Existing large language models (LLMs) lack end-to-end capability in abstract, mathematically intensive open-science tasks—particularly in theoretical and computational physics—where rigorous reasoning, symbolic manipulation, and numerical computation must be tightly integrated. Method: This paper introduces the “AI Physicist” framework: (i) a novel LLM-based agent architecture unifying abstract physical reasoning with symbolic-numerical hybrid computation; (ii) LANDAU—a hierarchical academic knowledge universe designed to enhance decision reliability through structured domain knowledge; and (iii) a long-horizon scientific闭环 integrating methodology-trajectory validation with adaptive reinforcement-driven exploration. Contribution/Results: The framework achieves three breakthroughs across high-energy physics, condensed-matter physics, and astrophysics: (i) reduction of research cycles from months to hours; (ii) fully automated, hypothesis-driven closed-loop verification; and (iii) autonomous discovery and modeling of open scientific problems—marking a significant advance toward AI-augmented scientific discovery.

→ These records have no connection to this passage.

//! The least and the greatest windows of a design, or the limit that it passes.

ghost use Rattle.std.specs.Prelude.{◌<◌, length, IfOk, IfErr};
ghost use Rattle.std.specs.Thread.{IsSync};
ghost use Rattle.xt_model.specs.Levels.{AreLevelled};
ghost use Rattle.xt_model.specs.Sound.{IsSound};
ghost use Rattle.net_eval.specs.ReadLists.{AreReadLists};
ghost use Rattle.envelope.specs.Firsts.{IsFaultOfEnvelope};
ghost use Rattle.envelope.specs.Renewal.{IsEnvelopeBut};
ghost use Rattle.command_line.specs.Words.{IsWorkerCount};
ghost use Rattle.xtalk_top.specs.Runs.{IsBeginning};
ghost use Rattle.call_meaning.specs.Outcome.{SolvedMeans};
ghost use Rattle.call_meaning.specs.Call.{IsStop};
ghost use Rattle.call_meaning.specs.Eco.{AreFound, HasEnvelope};

use crate::runs::{Runs, are_at_once, both_at_once, both_from};
use call_meaning::{DesignRefusal, PassedLimit, Refusal, Stop};
use chaos_core::Gate;
use chaos_run::{Both, RunRoom};
use envelope::{EnvelopeFault, envelope_by, quiet, renewed};
use net_eval::{ReadLists, read_lists};
use std::alloc::Global;
use std::thread::{Threads, join};
use xt_model::{Design, Name, NetId, NoMemory, Windows};

/// The envelope of a design, by this many threads.
pub fn envelope_of<R: Threads + Sync>(
    rt: &R,
    alloc: Global,
    design: &Design,
    threads: u32,
) -> Result<Windows, Stop>
    ensures top { IfOk result (HasEnvelope design.now) }
    ensures stop { IfErr result (IsStop (SolvedMeans (λ _. ⊥) design.now) (λ _. ⊥)) }
{
    match envelope_by(rt, alloc, design, threads) {
        Ok(top) => Ok(top),
        Err(fault) => Err(no_envelope(alloc, design, fault)),
    }
}

/// The envelope of a design, from windows that are its envelope but for two nets and those that read them.
pub fn envelope_renewed(
    alloc: Global,
    design: &Design,
    old: Windows,
    first: NetId,
    second: NetId,
) -> Result<Windows, Stop>
    requires first { first.0 < length design.now.nets }
    requires second { second.0 < length design.now.nets }
    requires old { IsEnvelopeBut design.now first.0 second.0 old }
    ensures top { IfOk result (HasEnvelope design.now) }
    ensures stop { IfErr result (IsStop (SolvedMeans (λ _. ⊥) design.now) (λ _. ⊥)) }
{
    match renewed(alloc, design, old, first, second) {
        Ok(top) => Ok(top),
        Err(fault) => Err(no_envelope(alloc, design, fault)),
    }
}

// Why a design has no envelope that keeps the limits: the first that is passed, with the name of the net.
fn no_envelope(alloc: Global, design: &Design, fault: EnvelopeFault) -> Stop
    requires { IsFaultOfEnvelope design.now fault }
    ensures { IsStop (SolvedMeans (λ _. ⊥) design.now) (λ _. ⊥) result }
{
    let EnvelopeFault::Limit { net, what, value } = fault else {
        return Stop::NoMemory;
    };
    let name = design.net(net.0 as usize).name.bytes();
    match Name::from_slice(alloc, name) {
        Ok(name) => Stop::Refused(Refusal::Design(DesignRefusal::Limit(PassedLimit {
            what,
            name: Some(name),
            value,
        }))),
        Err(_) => Stop::NoMemory,
    }
}

/// What both runs of a design begin with beside its envelope: its read lists, windows in which nothing switches, and a
/// room for each run.
#[derive(Drop)]
struct Beginning<'a> {
    lists: ReadLists,
    bottom: Windows,
    low: RunRoom<'a>,
    high: RunRoom<'a>,
}

/// What both runs of a design, each by this many workers, begin with beside its envelope.
fn begun_with<'a>(alloc: Global, design: &Design, workers: u32) -> Result<Beginning<'a>, NoMemory>
    ensures { IfOk result (IsBeginning design.now workers) }
{
    let lists = read_lists(alloc, design)?;
    let low = RunRoom::new(alloc, design, &lists, workers)?;
    let high = RunRoom::new(alloc, design, &lists, workers)?;
    let bottom = quiet(alloc, design)?;
    Ok(Beginning {
        lists,
        bottom,
        low,
        high,
    })
}

/// The least and the greatest windows of a design, from its read lists and its envelope `top`, which keeps the limits:
/// runs twice, wider from windows in which nothing switches, and narrower from `top`. Fails only for want of memory.
fn solved_by<R: Threads + Sync, G: Gate>(
    rt: &R,
    alloc: Global,
    gate: &G,
    design: &Design,
    lists: &ReadLists,
    top: &Windows,
    runs: Runs,
) -> Result<Both, NoMemory>
    requires sound { IsSound design.now }
    requires levelled { AreLevelled design.now.nets }
    requires lists { AreReadLists design.now lists.now }
    requires top { HasEnvelope design.now top.now }
    requires workers { IsWorkerCount runs.workers }
    ensures { IfOk result (λ found. AreFound design.now found.low found.high) }
{
    let bottom = quiet(alloc, design)?;
    both_from(rt, alloc, gate, design, lists, &bottom, top, runs)
}

/// The least and the greatest windows of a design, from its envelope `top`, as `solved_by` finds them.
pub fn solved_within<R: Threads + Sync, G: Gate>(
    rt: &R,
    alloc: Global,
    gate: &G,
    design: &Design,
    top: &Windows,
    runs: Runs,
) -> Result<Both, NoMemory>
    requires sound { IsSound design.now }
    requires levelled { AreLevelled design.now.nets }
    requires top { HasEnvelope design.now top.now }
    requires workers { IsWorkerCount runs.workers }
    ensures { IfOk result (λ found. AreFound design.now found.low found.high) }
{
    let lists = read_lists(alloc, design)?;
    solved_by(rt, alloc, gate, design, &lists, top, runs)
}

/// The least and the greatest windows of a design, as `solved_by` finds them, and its read lists: both runs at the same
/// time, with what they begin with made already. Fails only for want of memory.
fn solved_from<R: Threads + Sync, G: Gate>(
    rt: &R,
    alloc: Global,
    gate: &G,
    design: &Design,
    begun: Beginning<'_>,
    top: &Windows,
    workers: u32,
) -> Result<(Both, ReadLists), NoMemory>
    requires sound { IsSound design.now }
    requires levelled { AreLevelled design.now.nets }
    requires begun { IsBeginning design.now workers begun }
    requires top { HasEnvelope design.now top.now }
    requires workers { IsWorkerCount workers }
    ensures { IfOk result (λ solved. AreFound design.now solved.0.low solved.0.high) }
{
    let Beginning {
        lists,
        bottom,
        low,
        high,
    } = begun;
    let rooms = (Some(low), Some(high));
    let found = both_at_once(
        rt, alloc, gate, design, &lists, rooms, &bottom, top, workers,
    )?;
    Ok((found, lists))
}

/// The least and the greatest windows of a design, as `solved_by` finds them, and its read lists. All but the envelope
/// that the runs begin with is made beside it, in another thread.
fn solved_at_once<R: Threads + Sync, G: Gate>(
    rt: &R,
    alloc: Global,
    gate: &G,
    design: &Design,
    runs: Runs,
) -> Result<(Both, ReadLists), Stop>
    requires sound { IsSound design.now }
    requires levelled { AreLevelled design.now.nets }
    requires workers { IsWorkerCount runs.workers }
    ensures found { IfOk result (λ solved. AreFound design.now solved.0.low solved.0.high) }
    ensures stop { IfErr result (IsStop (SolvedMeans (λ _. ⊥) design.now) (λ _. ⊥)) }
{
    let workers = runs.workers;
    let (top, begun) = join(
        rt,
        move || -> Result<Windows, Stop>
            requires { IsSync R.row }
            ensures { IfOk result (HasEnvelope design.entry.now)
                × IfErr result (IsStop (SolvedMeans (λ _. ⊥) design.entry.now) (λ _. ⊥)) }
        { envelope_of(rt, alloc, design, workers) },
        move || -> Result<Beginning<'_>, NoMemory>
            ensures { IfOk result (IsBeginning design.entry.now workers) }
        { begun_with(alloc, design, workers) },
    );
    let top = top?;
    let Ok(begun) = begun else {
        return Err(Stop::NoMemory);
    };
    match solved_from(rt, alloc, gate, design, begun, &top, workers) {
        Ok(solved) => Ok(solved),
        Err(NoMemory) => Err(Stop::NoMemory),
    }
}

/// The least and the greatest windows of a design, and its read lists, or why it has none within the limits.
pub fn solved<R: Threads + Sync, G: Gate>(
    rt: &R,
    alloc: Global,
    gate: &G,
    design: &Design,
    runs: Runs,
) -> Result<(Both, ReadLists), Stop>
    requires sound { IsSound design.now }
    requires levelled { AreLevelled design.now.nets }
    requires workers { IsWorkerCount runs.workers }
    ensures found { IfOk result (λ solved. AreFound design.now solved.0.low solved.0.high) }
    ensures stop { IfErr result (IsStop (SolvedMeans (λ _. ⊥) design.now) (λ _. ⊥)) }
{
    if are_at_once(runs) {
        return solved_at_once(rt, alloc, gate, design, runs);
    }
    let top = envelope_of(rt, alloc, design, 1)?;
    let Ok(lists) = read_lists(alloc, design) else {
        return Err(Stop::NoMemory);
    };
    match solved_by(rt, alloc, gate, design, &lists, &top, runs) {
        Ok(found) => Ok((found, lists)),
        Err(NoMemory) => Err(Stop::NoMemory),
    }
}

Advances in LLMs have produced agents with knowledge and operational capabilities comparable to human scientists, suggesting potential to assist, accelerate, and automate research. However, existing studies mainly evaluate such systems on well-defined benchmarks or general tasks like literature retrieval, limiting their end-to-end problem-solving ability in open scientific scenarios. This is particularly true in physics, which is abstract, mathematically intensive, and requires integrating analytical reasoning with code-based computation. To address this, we propose PhysMaster, an LLM-based agent functioning as an autonomous theoretical and computational physicist. PhysMaster couples absract reasoning with numerical computation and leverages LANDAU, the Layered Academic Data Universe, which preserves retrieved literature, curated prior knowledge, and validated methodological traces, enhancing decision reliability and stability. It also employs an adaptive exploration strategy balancing efficiency and open-ended exploration, enabling robust performance in ultra-long-horizon tasks. We evaluate PhysMaster on problems from high-energy theory, condensed matter theory to astrophysics, including: (i) acceleration, compressing labor-intensive research from months to hours; (ii) automation, autonomously executing hypothesis-driven loops ; and (iii) autonomous discovery, independently exploring open problems.